View attachment workbench8-_MEF9077-January 02, 2014.jpg


View attachment workbench3-_MEF9048-January 01, 2014.jpg


View attachment workbench4-_MEF9051-January 01, 2014.jpg


View attachment workbench7-_MEF9080-January 02, 2014.jpg


----------



## havasu

Welcome to the Garage Retreat. That is a great workbench. I envy you! 

Since I am out and about I don't have much time for a complete answer, but you will want to install some plywood underlayment for the granite over that type of span. Screw the hell out of the plywood (the thicker the better, no less than 3/4 inch) and then silicone the granite down to the plywood.


----------



## oldognewtrick

I would suggest running a 8' 2X along the outside edge to support the bench top and give it support, along with at least 3/4" ply over it. You don't want to take a chance of cracking the granite and it would give you a surface to attach your undercounter drawers to. Just my :2cents:

I like the design, it allows a lot of foot room under the bench, be sure to keep us updated on your progress.


----------



## tws

thanks havasu and old dog...

i suspected i should have an underlayment.

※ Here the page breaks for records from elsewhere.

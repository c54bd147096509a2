//! The transaction buffer of a site.

ghost use Rattle.std.specs.Prelude.{◌≡◌, ◌≢◌, ℕ, ◌+◌, ◌^◌, ◌<◌, ◌≤◌, true, Some, None, is_some};
ghost use Rattle.std.specs.Prelude.{length, IfErr, IfSome, OnErr, OnOk};
ghost use Rattle.site_base.specs.declared.limits.TheConstants.{POINT_CELLS};
ghost use Rattle.transaction_buffer.specs.declared.shelf.TheConstants.{UNPAID_LIMIT};
ghost use Rattle.transaction_buffer.specs.Sales.{key, no_sales, HasNoneLater, has_sale, sale_of};
ghost use Rattle.transaction_buffer.specs.Sales.{next_number, unpaid_at, with_new, is_new};
ghost use Rattle.transaction_buffer.specs.Sales.{new_sale, view_of_sale};
ghost use Rattle.transaction_buffer.specs.Requests.{Asked};
ghost use Rattle.transaction_buffer.specs.Figures.{figure_of};
ghost use Rattle.transaction_buffer.specs.FoundSales.{key_of, IsPlaced};
ghost use Rattle.transaction_buffer.specs.SignOffs.{AreLetGo};
ghost use Rattle.transaction_buffer.specs.TransactionTable.{after_request, after_sign_off};
ghost use Rattle.transaction_buffer.specs.TransactionTable.{answer_of, refusal_of};
ghost use Rattle.transaction_buffer.specs.Sums.{volume_of, volume_by};
ghost use Rattle.transaction_buffer.specs.Rooms.{one_taken, room_at};
ghost use Rattle.transaction_buffer.specs.Shelves.{sales_on};
ghost use Rattle.transaction_buffer.specs.KeptSums.{AreSums};

use crate::figure::Figure;
use crate::found_sale::FoundSale;
use crate::locked_points::LockedPoints;
use crate::recount::recount_on;
use crate::request::Request;
use crate::sale::Sale;
use crate::shelf::Shelf;
use crate::sums::Sums;
use site_base::{
    Answer, FpNo, NoMemory, POINT_CELLS, PointSet, ProductNo, Refusal, Seq, ShiftNo, Status,
    TillNo, TransactionView,
};
use std::alloc::Global;
use std::array;
use std::marker::Model;

/// The transactions of a site's fuelling points. The name of a transaction is the shift in which it
/// was sold, its point, and its number there in that shift. Contracts see the finite map from the
/// points that have sold to their sales in the order in which they were made, and for each point
/// the number of further sales for which there is room. The volume of a product in all transactions
/// fits in 64 bits.
#[derive(Drop)]
pub struct Buffer {
    // The shelf of point p stands in cell p - 1.
    shelves: [Shelf; POINT_CELLS],
    // What stands on all shelves.
    sums: Sums,
    // The points of which each till has locked a sale.
    locked: LockedPoints,
}

impl Model for Buffer {
    ghost use Rattle.transaction_buffer.specs.Codes.{buffered_code};
    ghost use Rattle.transaction_buffer.specs.Rooms.{Buffered};
    ghost use Rattle.transaction_buffer.specs.Shelves.{sales_on, rooms_on};

    ghost Value = { Buffered };

    ghost coded = { buffered_code };

    ghost view = { λ b. record { sales = sales_on b.shelves; rooms = rooms_on b.shelves } };

    ghost use Rattle.transaction_buffer.specs.KeptSales.{IsKept};

    ghost invariant = { λ b. IsKept b.shelves b.sums b.locked };
}

impl Buffer {
    /// Returns an empty buffer: no point has sold anything. It takes no memory.
    pub fn new(alloc: Global) -> Self
        ensures { result.sales ≡ no_sales }
    {
        Buffer {
            shelves: array::from_fn(|_| Shelf::new(alloc)),
            sums: Sums::new(),
            locked: LockedPoints::new(),
        }
    }

    /// Makes the room that the next sale of point p needs. The sales stay, and so does the room of
    /// every other point. If memory runs out, nothing changes.
    pub fn reserve(&mut self, p: FpNo) -> Result<(), NoMemory>
        ensures sales { self.new.sales ≡ self.old.sales }
        ensures room { OnOk result (0 < room_at p self.new.rooms) }
        ensures kept { (q : ℕ) → room_at q self.old.rooms ≤ room_at q self.new.rooms }
        ensures others { (q : ℕ) → q ≢ p
            → room_at q self.new.rooms ≡ room_at q self.old.rooms }
        ensures err { OnErr result (self.new ≡ self.old) }
    {
        let shelf = &mut self.shelves[p.cell()];
        shelf.reserve()
    }

    /// Returns how many transactions of point p are unpaid: payable or locked.
    pub fn unpaid(&self, p: FpNo) -> u8
        ensures value { result ≡ unpaid_at p self.now.sales }
        ensures range { result ≤ UNPAID_LIMIT }
    {
        let shelf = &self.shelves[p.cell()];
        shelf.unpaid()
    }

    /// Returns the number of point p's next sale in a shift: one more than the number of sales that
    /// it has made there, so that no number is used twice in a shift. None after `GREATEST_SEQ`
    /// sales.
    pub fn next_seq(&self, p: FpNo, shift: ShiftNo) -> Option<Seq>
        ensures { result ≡ next_number p shift self.now.sales }
    {
        let shelf = &self.shelves[p.cell()];
        shelf.next_seq(shift)
    }

    /// Adds a sale of point p in a shift, and returns its number there. The sale is payable if the
    /// view names no till, and locked by the till that it names. The caller has reserved room for
    /// the sale. Fewer than `UNPAID_LIMIT` transactions of the point are unpaid, the shift has a
    /// next number, and no sale of the point is of a later shift. The volumes of all sales of the
    /// product fit in 64 bits with this one. No other transaction changes. The cents are the
    /// view's: the buffer computes none. It takes no memory.
    pub fn add(&mut self, p: FpNo, shift: ShiftNo, view: TransactionView) -> Seq
        requires room { 0 < room_at p self.old.rooms }
        requires unpaid { unpaid_at p self.old.sales < UNPAID_LIMIT }
        requires number { is_some (next_number p shift self.old.sales) ≡ true }
        requires order { HasNoneLater p shift self.old.sales }
        requires fits { volume_of view.product self.old.sales + view.volume < 2 ^ 64 }
        requires new { is_new view ≡ true }
        ensures number { next_number p shift self.old.sales ≡ Some result }
        ensures sales { self.new.sales ≡ with_new p (new_sale shift view) self.old.sales }
        ensures rooms { self.new.rooms ≡ one_taken p self.old.rooms }
    {
        let sale = Sale::new(shift, &view);
        let shelf = &mut self.shelves[p.cell()];
        let seq = shelf.next_seq(shift).unwrap();
        let before = shelf.lockers();
        shelf.push(sale);
        let after = shelf.lockers();
        self.sums.add(&sale);
        self.locked.note(p, before, after);
        seq
    }

    /// Finds the place of the transaction; None if there is none.
    pub fn find(&self, p: FpNo, shift: ShiftNo, s: Seq) -> Option<FoundSale>
        ensures there { is_some result ≡ has_sale (key shift p s) self.now.sales }
        ensures key { IfSome result (λ found. key_of found ≡ key shift p s) }
        ensures placed { IfSome result (λ found. IsPlaced found self.now.sales) }
    {
        let shelf = &self.shelves[p.cell()];
        match shelf.find(shift, s) {
            Some(place) => Some(FoundSale {
                shift,
                point: p,
                number: s,
                place,
            }),
            None => None,
        }
    }

    /// Returns the transaction itself: as it was sold, and its present state.
    pub fn sale(&self, found: &FoundSale) -> Sale
        requires { IsPlaced found.now self.now.sales }
        ensures { sale_of (key_of found.now) self.now.sales ≡ Some result }
    {
        let shelf = &self.shelves[found.point.cell()];
        shelf.at(found.place)
    }

    /// Returns the transaction as a read shows it.
    pub fn view(&self, found: &FoundSale) -> TransactionView
        requires placed { IsPlaced found.now self.now.sales }
        ensures { view_of_sale (key_of found.now) self.now.sales ≡ Some result }
    {
        let sale = self.sale(found);
        sale.view()
    }

    /// Returns why the till's request for the transaction would be refused, if it would:
    /// `AlreadyCleared` if a till has cleared it, `LockedByOther` if another till has locked it,
    /// and `NotLocked` if none has, and the request isn't to lock it.
    pub fn judge(&self, found: &FoundSale, request: &Request, t: TillNo) -> Result<(), Refusal>
        requires placed { IsPlaced found.now self.now.sales }
        ensures accepted { OnOk result
            (refusal_of request.now t (key_of found.now) self.now.sales ≡ None) }
        ensures refused { IfErr result (λ refusal.
            refusal_of request.now t (key_of found.now) self.now.sales ≡ Some refusal) }
    {
        let sale = self.sale(found);
        sale.judge(request, t)
    }

    /// Does what the transaction table says of a request that `judge` accepts. It can't be refused.
    pub fn grant(&mut self, found: &FoundSale, request: &Request, t: TillNo) -> Answer
        requires placed { IsPlaced found.now self.old.sales }
        requires accepted { refusal_of request.now t (key_of found.now) self.old.sales ≡ None }
        ensures answer { result ≡ answer_of request.now t (key_of found.now) self.old.sales }
        ensures sales { self.new.sales
            ≡ after_request request.now t (key_of found.now) self.old.sales }
        ensures rooms { self.new.rooms ≡ self.old.rooms }
    {
        let old = self.sale(found);
        let (new, answer) = old.grant(request, t);
        let shelf = &mut self.shelves[found.point.cell()];
        let before = shelf.lockers();
        shelf.put(found.place, new);
        let after = shelf.lockers();
        self.sums.remove(&old);
        self.sums.add(&new);
        self.locked.note(found.point, before, after);
        answer
    }

    /// Locks a transaction for the till, so that no other till can clear it: Locked. If this till
    /// has locked it already, nothing changes. The refusals are `NoSuchTransaction` if there is
    /// none, `AlreadyCleared` if a till has cleared it, and `LockedByOther` if another till has
    /// locked it. They change nothing.
    pub fn lock(&mut self, p: FpNo, shift: ShiftNo, s: Seq, t: TillNo) -> Result<Answer, Refusal>
        ensures asked { Asked Request.Lock t (key shift p s) self.old.sales self.new.sales result }
        ensures rooms { self.new.rooms ≡ self.old.rooms }
    {
        self.ask(p, shift, s, t, &Request::Lock)
    }

    /// Makes a transaction that the till has locked payable again: Unlocked. The refusals are
    /// `NoSuchTransaction` if there is none, `AlreadyCleared` if a till has cleared it,
    /// `LockedByOther` if another till has locked it, and `NotLocked` if none has. They change
    /// nothing.
    pub fn unlock(&mut self, p: FpNo, shift: ShiftNo, s: Seq, t: TillNo) -> Result<Answer, Refusal>
        ensures asked { Asked Request.Unlock t (key shift p s) self.old.sales self.new.sales
            result }
        ensures rooms { self.new.rooms ≡ self.old.rooms }
    {
        self.ask(p, shift, s, t, &Request::Unlock)
    }

    /// Clears a transaction that the till has locked, in the open shift `current`: Cleared, with
    /// the transaction's cents. Nothing changes the transaction any more. The refusals are those of
    /// `unlock`.
    pub fn clear(
        &mut self,
        p: FpNo,
        shift: ShiftNo,
        s: Seq,
        t: TillNo,
        current: ShiftNo,
    ) -> Result<Answer, Refusal>
        ensures asked { Asked (Request.Clear current) t (key shift p s) self.old.sales
            self.new.sales result }
        ensures rooms { self.new.rooms ≡ self.old.rooms }
    {
        self.ask(p, shift, s, t, &Request::Clear(current))
    }

    /// Makes every transaction payable that the till has locked. Every other one stays. This is
    /// what a sign-off does to the transactions.
    pub fn release_all(&mut self, t: TillNo)
        ensures sales { self.new.sales ≡ after_sign_off t self.old.sales }
        ensures rooms { self.new.rooms ≡ self.old.rooms }
    {
        let cell = t.cell();
        let (one, other) = (self.locked.one[cell], self.locked.other[cell]);
        unlock_at(&mut self.shelves, one, &mut self.sums, t);
        unlock_at(&mut self.shelves, other, &mut self.sums, t);
        self.locked.forget(t);
    }

    /// Returns the transaction as a read shows it; None if there is none.
    pub fn row(&self, p: FpNo, shift: ShiftNo, s: Seq) -> Option<TransactionView>
        ensures { result ≡ view_of_sale (key shift p s) self.now.sales }
    {
        let found = self.find(p, shift, s)?;
        Some(self.view(&found))
    }

    /// Returns the millilitres of product q in the transactions of this status. Those of all
    /// transactions fit in 64 bits.
    pub fn sum(&self, q: ProductNo, status: Status) -> u64
        ensures value { result ≡ volume_by q status self.now.sales }
        ensures fits { volume_of q self.now.sales < 2 ^ 64 }
    {
        let _ = q.get();
        self.sums.get(q, status)
    }

    /// Sums a figure over the transactions themselves, and reads no sum that is kept. It fits in 64
    /// bits.
    pub fn recount(&self, figure: &Figure) -> u64
        requires { figure_of figure.now self.now.sales < 2 ^ 64 }
        ensures { result ≡ figure_of figure.now self.now.sales }
    {
        recount_on(&self.shelves, figure)
    }

    /// What the transaction table says of the till's request.
    fn ask(
        &mut self,
        p: FpNo,
        shift: ShiftNo,
        s: Seq,
        t: TillNo,
        request: &Request,
    ) -> Result<Answer, Refusal>
        ensures asked { Asked request.now t (key shift p s) self.old.sales self.new.sales result }
        ensures rooms { self.new.rooms ≡ self.old.rooms }
    {
        let Some(found) = self.find(p, shift, s) else {
            return Err(Refusal::NoSuchTransaction);
        };
        self.judge(&found, request, t)?;
        Ok(self.grant(&found, request, t))
    }
}

/// Makes the sales of these points that this till has locked payable, in the sums too.
fn unlock_at(shelves: &mut [Shelf], points: PointSet, sums: &mut Sums, t: TillNo)
    requires cells { length shelves.old ≡ POINT_CELLS }
    requires sums { AreSums (sales_on shelves.old) sums.old }
    ensures cells { length shelves.new ≡ POINT_CELLS }
    ensures shelves { AreLetGo t points shelves.old shelves.new }
    ensures sums { AreSums (sales_on shelves.new) sums.new }
{
    let mut left = points;
    while let Some(p) = left.first() {
        let shelf = &mut shelves[p.cell()];
        shelf.unlock_sums(sums, t);
        shelf.unlock_all_of(t);
        left.remove(p);
    }
}
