//! What was counted at each nozzle: its readings, what flowed, what was sold and drawn, and by how
//! much a replaced meter jumped.
#![tactic(auto)]

mod laws;

pub use laws::{each_nozzle_adds_up, each_product_adds_up, each_reading_is_counted};
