//! What a till asks of a transaction.

use site_base::ShiftNo;

/// What a till asks of a transaction.
#[derive(Clone, Copy, Debug, PartialEq, Eq)]
pub enum Request {
    /// To lock it, so that no other till can clear it.
    Lock,
    /// To make it payable again.
    Unlock,
    /// To clear it, in this shift.
    Clear(ShiftNo),
}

will keep the forum posted of my progress


----------



## tws

nearing completion...

i attached a 3/4" walnut plywood top to my bench by screwing from underneath and thru the underlayment plywood. this is in case i someday wish to remove and replace the top. had i glued the piece down this option would be very difficult indeed. i have applied so far a single coat of miniwax polyurathane probably another coat will follow. finally i will be attaching at least two - maybe four - drawers from an old captains bed. these will be suspended beneath the workbench via keyboard sliders. 

View attachment _MEF9190-Edit.jpg


View attachment _MEF9192-Edit.jpg


View attachment _MEF9199-Edit.jpg


View attachment _MEF9200.jpg


View attachment _MEF9204.jpg


----------



## havasu

Looks great. What happened to the granite idea?


----------



## tws

found a better site for the granite.


----------



## havasu

I gotcha. A great looking top regardless.


----------



## oldognewtrick

Work bench looks really nice, good job!


----------



## MarkWood

nice lookin work bench!!!  makes me want tear all my junk out of my garage and redo the whole thing..............but................i probably wont. Too busy doin everyone elses stuff the right way to concentrate on mine.


----------



## oldognewtrick

If the work bench gets to be to nice looking, then they turn into furniture. Mine looks nothing like that


----------



## Chris

Looks great, I am using an old formica counter top and I love everything about it except the lip on the outside edge so things won't lay flat.


----------



## oldognewtrick

I used an old solid core front door I had laying around. Takes a licking and keeps on ticking.


----------



## cruzn57

I had the talent to do wood working like that.
the best thing I do with wood.................. is to burn it.
saves time trying to make things out of wood,


----------



## oldognewtrick

cruzn57 said:


> I had the talent to do wood working like that.
> the best thing I do with wood.................. is to burn it.
> saves time trying to make things out of wood,



I must admit, I have mastered the skill of making saw dust. I can do it with the best of em.


----------



## mustanggarage

nice job.  that is the same technique I used on 2 of my workbenches.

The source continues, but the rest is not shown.